Gather every line in the records below that contains the word "looks".

:::

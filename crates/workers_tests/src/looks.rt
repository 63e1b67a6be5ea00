// What is seen of a station that is finished.

use crate::plans::Plan;
use gateway_book::Totals;
use server_core::{Book, DataRate, DeskFault, DeskHeard, Heard1, QueueFault, TakeFault};
use server_workers::Closing;
use std::alloc::Global;
use std::test::Fail;
use test_asserts::{equal_at, holds};
use worked_inputs::{
    COPY, WorkedBook, WorkedDesk, WorkedHasher, answered, book_of, booked, copy_at, passed, queued,
    settled, taken, tried_on, uplink,
};

/// Where one looks, and what is seen there.
#[derive(Clone, Copy)]
pub(crate) enum Look {
    /// What was booked by the tills.
    Booked(u64),
    /// At the desk.
    Desk(AtDesk),
    /// The reservation of the book at the one place that is at the other place, by start.
    Kept(usize, usize, Option<Member>),
    /// The totals of the book at this place.
    Totals(usize, Totals),
}

/// What a desk is asked, and what it answers.
#[derive(Clone, Copy)]
pub(crate) enum AtDesk {
    /// What was sent for this number.
    Sent(u64, Option<OnAir>),
    /// How long this gateway was on air for settled answers.
    Answered(u16, Option<u64>),
    /// Why this number isn't taken, if it isn't; it is given up.
    Take(u64, Option<TakeFault>),
    /// Where the first uplink of the device with this address goes, as gateway 2 heard it until 5,000,000 us.
    Hear(u32, u64, Result<DeskHeard, DeskFault>),
    /// Which number one more pass closes.
    Pass(u64, Option<u64>),
    /// How many payloads wait for the device with this address when this one is queued.
    Queue(u32, &'static [u8], Result<usize, QueueFault>),
    /// What becomes of an uplink of the device with this address and this counter that is heard late, when one more payload is
    /// queued and the uplink answered on an empty book.
    Probe(u32, u32, Late),
}

/// A reservation that a book keeps.
#[derive(Clone, Copy, Debug, PartialEq)]
pub(crate) struct Member {
    pub(crate) number: u64,
    pub(crate) start: u64,
    pub(crate) freq_hz: u32,
    pub(crate) rate: DataRate,
    pub(crate) len: u8,
}

/// By which gateway something was sent, from when on and for how long, both in microseconds.
pub(crate) type OnAir = (u16, u64, u64);

/// What becomes of an uplink that is heard late: how many payloads waited before; whether its device's last uplink had its
/// counter; and its answer, or why no ticket is given.
pub(crate) type Late = (usize, bool, Result<Shown, TakeFault>);

/// What is shown of an answer: its counter, the length of its frame, and its FCtrl.
pub(crate) type Shown = (u32, usize, u8);

/// Compares what is seen of a station, if there is to be something.
pub(crate) fn see_all(
    alloc: Global,
    closing: Option<Closing<WorkedHasher>>,
    plan: &Plan,
) -> Result<(), Fail> {
    match closing {
        Some(mut closing) => see_each(alloc, &mut closing, plan),
        None => holds(plan.sights.is_empty()),
    }
}

/// Compares what is seen of a station.
fn see_each(alloc: Global, closing: &mut Closing<WorkedHasher>, plan: &Plan) -> Result<(), Fail> {
    for (place, look) in plan.sights.iter().enumerate() {
        see(
            alloc,
            closing,
            place,
            changed(plan.changes, place).unwrap_or(*look),
        )?;
    }
    Ok(())
}

/// Where one looks in place of the look at this place, if elsewhere.
fn changed(changes: &[(usize, Look)], place: usize) -> Option<Look> {
    for (other, look) in changes {
        if *other == place {
            return Some(*look);
        }
    }
    None
}

/// Compares what is seen at the look at this place.
fn see(
    alloc: Global,
    closing: &mut Closing<WorkedHasher>,
    place: usize,
    look: Look,
) -> Result<(), Fail> {
    match look {
        Look::Booked(wanted) => equal_at(&place, &closing.booked, &wanted),
        Look::Desk(asked) => ask(alloc, &mut closing.desk, place, asked),
        Look::Kept(book, member, wanted) => {
            equal_at(&place, &kept(alloc, &closing.books, book, member)?, &wanted)
        }
        Look::Totals(book, wanted) => equal_at(&place, &totals(&closing.books, book)?, &wanted),
    }
}

/// Compares what a desk tells at the look at this place.
fn ask(alloc: Global, desk: &mut WorkedDesk, place: usize, asked: AtDesk) -> Result<(), Fail> {
    match asked {
        AtDesk::Sent(number, wanted) => equal_at(&place, &sent(desk, number), &wanted),
        AtDesk::Answered(gateway, wanted) => equal_at(&place, &answered(desk, gateway), &wanted),
        AtDesk::Take(number, wanted) => equal_at(&place, &not_taken(desk, number), &wanted),
        AtDesk::Hear(addr, arrived, wanted) => {
            equal_at(&place, &heard(alloc, desk, addr, arrived)?, &wanted)
        }
        AtDesk::Pass(now, wanted) => equal_at(&place, &passed(desk, now), &wanted),
        AtDesk::Queue(addr, payload, wanted) => {
            equal_at(&place, &queued(desk, addr, 9, payload), &wanted)
        }
        AtDesk::Probe(addr, counter, wanted) => {
            equal_at(&place, &probed(alloc, desk, addr, counter)?, &wanted)
        }
    }
}

/// What was sent for a number.
fn sent(desk: &WorkedDesk, number: u64) -> Option<OnAir> {
    let sent = desk.sent(number)?;
    Some((sent.gateway, sent.start, sent.airtime))
}

/// Why a number isn't taken, if it isn't; else it is given up and settled.
fn not_taken(desk: &mut WorkedDesk, number: u64) -> Option<TakeFault> {
    match taken(desk, number) {
        Ok(ticket) => {
            settled(desk, ticket.give_up());
            None
        }
        Err(fault) => Some(fault),
    }
}

/// Where a device's first uplink goes, as gateway 2 heard it.
fn heard(
    alloc: Global,
    desk: &mut WorkedDesk,
    addr: u32,
    arrived: u64,
) -> Result<Result<DeskHeard, DeskFault>, Fail> {
    let bytes = uplink(alloc, true, addr, 0)?;
    Ok(desk.hear(bytes.as_slice(), copy_at(2), arrived))
}

/// What becomes of an uplink that is heard late.
fn probed(alloc: Global, desk: &mut WorkedDesk, addr: u32, counter: u32) -> Result<Late, Fail> {
    let (number, repeat) = opened_late(alloc, desk, addr, counter)?;
    desk.pass(6_000_000);
    let waiting = desk.queue(addr, 9, &[0; 9])?.saturating_sub(1);
    let mut book = book_of(alloc, 1)?;
    Ok((waiting, repeat, booked_on(desk, &mut book, number)?))
}

/// The number of the gathering that an uplink opens late, and whether its device's last had its counter.
fn opened_late(
    alloc: Global,
    desk: &mut WorkedDesk,
    addr: u32,
    counter: u32,
) -> Result<(u64, bool), Fail> {
    let bytes = uplink(alloc, true, addr, counter)?;
    let late = Heard1 {
        at: 50_000_000,
        ..COPY
    };
    match desk.hear(bytes.as_slice(), late, 5_000_000)? {
        DeskHeard::Opened { n, repeat } => Ok((n, repeat)),
        _ => Err(Fail::from("it opens a gathering")),
    }
}

/// What is shown of an answer that is booked on this book, or why no ticket is given.
fn booked_on(
    desk: &mut WorkedDesk,
    book: &mut WorkedBook,
    number: u64,
) -> Result<Result<Shown, TakeFault>, Fail> {
    let ticket = match taken(desk, number) {
        Ok(ticket) => ticket,
        Err(fault) => return Ok(Err(fault)),
    };
    let counter = ticket.counter();
    let (stub, receipt) = booked(tried_on(ticket, book)).ok_or("it is booked")?;
    settled(desk, stub);
    let frame = receipt.frame.as_slice();
    let control = *frame.get(5).ok_or("it has an FCtrl")?;
    Ok(Ok((counter, frame.len(), control)))
}

/// A reservation of a book.
fn kept(
    alloc: Global,
    books: &[Book<Global>],
    book: usize,
    place: usize,
) -> Result<Option<Member>, Fail> {
    let list = books.get(book).ok_or("there is a book")?.list(alloc)?;
    Ok(
        list.get(place).map(|kept| Member {
            number: kept.number,
            start: kept.start,
            freq_hz: kept.freq_hz,
            rate: kept.rate,
            len: kept.len,
        }),
    )
}

/// The totals of a book.
fn totals(books: &[Book<Global>], book: usize) -> Result<Totals, Fail> {
    Ok(books.get(book).ok_or("there is a book")?.totals())
}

:::

Task output:
filename crates/workers_tests/src/looks.rt
/// Where one looks, and what is seen there.
/// Where one looks in place of the look at this place, if elsewhere.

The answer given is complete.